The uncertainty facing Australian universities’ planning departments is rising, as the government puts another package of funding reform before parliament.
Uncertainty has been a persistent companion to university admissions planners since 2014, when then education minister Christopher Pyne unveiled plans to deregulate university fees. His reforms were rejected by the senate in December that year and again the following March, before finally being abandoned in September.
When successor Simon Birmingham’s 2017 plan to raise fees by 7.5 per cent appeared headed for a similar fate, he announced the capping of higher education places a week before Christmas – leaving universities with insufficient funds to teach the students they had already accepted for 2018.
A similar dilemma now beckons, as current education minister Dan Tehan races to legislate his “Job-ready Graduates” reforms – a complex package that would see fees raised for some courses and lowered for others, with subsidies also shifting up and down.
The package also introduces new initiatives to boost participation by regional students and encourage universities to work more closely with business. And it includes a raft of measures to stop universities enrolling unsuitable students, in a suite of surprise changes outlined in draft legislation.
Universities and other stakeholders were given six days to provide feedback on the legislation, which Mr Tehan’s office says will be “introduced as soon as practicable” into parliament. Sources expect that to occur in the week commencing 24 August when parliament convenes for a fortnight.
The bill is expected to be referred to a senate committee for an inquiry lasting a month or more, before facing a vote in the senate – where the government does not have a majority – when parliament meets again for three days in the second week of October.
But if a vote is delayed, only three more senate sitting weeks remain before parliament wraps up for the year, with the senate’s legislative workload set to increase after the federal budget is handed down on 6 October.
Covid-19 presents more uncertainty, with parliamentary sittings prone to cancellation at short notice because of coronavirus flare-ups. A sitting scheduled for the first two weeks of August was scratched following a spike of infections in Victoria.
All this means that, as in 2014 and 2017, universities may have to grapple with two different funding possibilities – the new system if the package passes parliament, and the current one if it is rejected or unresolved by year’s end.

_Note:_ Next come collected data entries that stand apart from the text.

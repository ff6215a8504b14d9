//! Sets of truth values.
ghost use Rattle.std.specs.Prelude.{◌≡◌};
ghost use Rattle.dmn_ranges.specs.Steps.{truths as truths_of, opposite as opposite_of, and_truths as and_of_truths, or_truths as or_of_truths, told as told_of};

use crate::outcomes::Outcomes;
use crate::range::{Range, both, either};
use crate::size::Size;
use crate::texts::Texts;

/// A set of truth values.
#[derive(Clone, Copy)]
pub(crate) struct Truths {
    pub(crate) yes: bool,
    pub(crate) no: bool,
    pub(crate) unknown: bool,
}

/// The truth values of these values.
pub(crate) fn truths_in(range: Range) -> Truths
    ensures { result ≡ truths_of range }
{
    Truths {
        yes: range.trues,
        no: range.falses,
        unknown: either(
            either(range.nulls, range.numbers.is_some()),
            either(range.texts.is_some(), either(range.lists, range.contexts)),
        ),
    }
}

pub(crate) fn opposite(a: Truths) -> Truths
    ensures { result ≡ opposite_of a }
{
    Truths {
        yes: a.no,
        no: a.yes,
        unknown: a.unknown,
    }
}

pub(crate) fn and_truths(a: Truths, b: Truths) -> Truths
    ensures { result ≡ and_of_truths a b }
{
    Truths {
        yes: both(a.yes, b.yes),
        no: either(a.no, b.no),
        unknown: either(
            both(a.unknown, either(b.yes, b.unknown)),
            both(a.yes, b.unknown),
        ),
    }
}

pub(crate) fn or_truths(a: Truths, b: Truths) -> Truths
    ensures { result ≡ or_of_truths a b }
{
    Truths {
        yes: either(a.yes, b.yes),
        no: both(a.no, b.no),
        unknown: either(
            both(a.unknown, either(b.no, b.unknown)),
            both(a.no, b.unknown),
        ),
    }
}

/// The truth values as values.
pub(crate) fn told(a: Truths) -> Outcomes
    ensures { result ≡ told_of a }
{
    Outcomes::given(Range {
        nulls: a.unknown,
        trues: a.yes,
        falses: a.no,
        numbers: None,
        texts: Texts::none(),
        lists: false,
        contexts: false,
        size: Size::none(),
    })
}
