//! The functions of one argument on sets of values.
ghost use Rattle.std.specs.Prelude.{◌≡◌};
ghost use Rattle.dmn_ranges.specs.Steps.{summed as summed_of, picked as picked_of, counted as counted_of, called as called_of, paths as paths_of};

use crate::interval::Interval;
use crate::numbers::absolutes;
use crate::outcomes::Outcomes;
use crate::range::{Range, every_number};
use feel_text::Function;

// The sum of a list; null for anything else.
fn summed(a: Range) -> Outcomes
    ensures { result ≡ summed_of a }
{
    if a.lists {
        Outcomes {
            range: Range::numbers_or_null(true, every_number()),
            limit: true,
        }
    } else {
        Outcomes::given(Range::null())
    }
}

// The least or the greatest of a list, which is one of its numbers; null for anything else.
fn picked(a: Range) -> Outcomes
    ensures { result ≡ picked_of a }
{
    if a.lists {
        Outcomes::given(Range::numbers_or_null(true, every_number()))
    } else {
        Outcomes::given(Range::null())
    }
}

// How many members a list has, which is a node beside them; null for anything else.
fn counted(a: Range) -> Outcomes
    ensures { result ≡ counted_of a }
{
    if a.lists {
        let numbers = Interval {
            low: 0,
            high: i64::from(a.size.nodes) - 1,
        };
        Outcomes::given(Range::numbers_or_null(a.is_other_than_list(), Some(numbers)))
    } else {
        Outcomes::given(Range::null())
    }
}

/// What a function gives.
pub(crate) fn called(function: Function, a: Range) -> Outcomes
    ensures { result ≡ called_of function a }
{
    match function {
        Function::Abs => absolutes(a),
        Function::Count => counted(a),
        Function::Sum => summed(a),
        Function::Min | Function::Max => picked(a),
    }
}

/// What the path to an entry gives.
pub(crate) fn paths(a: Range) -> Outcomes
    ensures { result ≡ paths_of a }
{
    if a.contexts || a.lists {
        Outcomes::given(Range::any_of_size(a.size))
    } else {
        Outcomes::given(Range::null())
    }
}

“The most problematic scenario is that it does pass but extremely late in the year, so the rules change very suddenly,” said Australian National University policy expert Andrew Norton.
The stakes are arguably higher than in previous years when the government had the option of funding universities under its proposed subsidy rates and reinstating their lost revenue later on if its legislation failed to pass parliament. That approach would be difficult this time, because of the complicated changes to students’ fees.
And in previous years, failed reforms were a problem for the government but less so for universities, which could simply carry on as before. This year is different because status quo funding will leave universities short of capacity to accommodate a spike in the youth population – let alone a massive surge in demand due to the coronavirus-induced recession.
While some sources say the changes are unlikely to be finalised this year, others believe a swift resolution is achievable. The brief period allocated for consultation on the draft legislation demonstrates the government’s intent to act quickly, they say.
But Canberra will have to convince a sceptical senate crossbench. Analysts believe that the government will need the vote of one of three crucial senators – Tasmania’s Jacqui Lambie and South Australia’s Stirling Griff and Rex Patrick – to get the bill across the line.
While none of the three are divulging which way they will vote, Mr Patrick and Mr Griff’s Centre Alliance party have expressed reservations about the reforms. But while universities share these reservations, none of their representative bodies actively opposes the bill.
The Group of Eight, which wants the legislation referred to a senate committee, has come closest to expressing opposition. The other groups – Universities Australia, Australian Technology Network, Innovative Research Universities (IRU) and Regional Universities Network – have recommended amendments to but not rejection of the legislation.
IRU executive director Conor King said universities were taking a “pragmatic” approach to a government that had not changed its “broad mindset” about higher education. “This government has been elected three times,” he said. “We’re endeavouring to do our best to work with that.”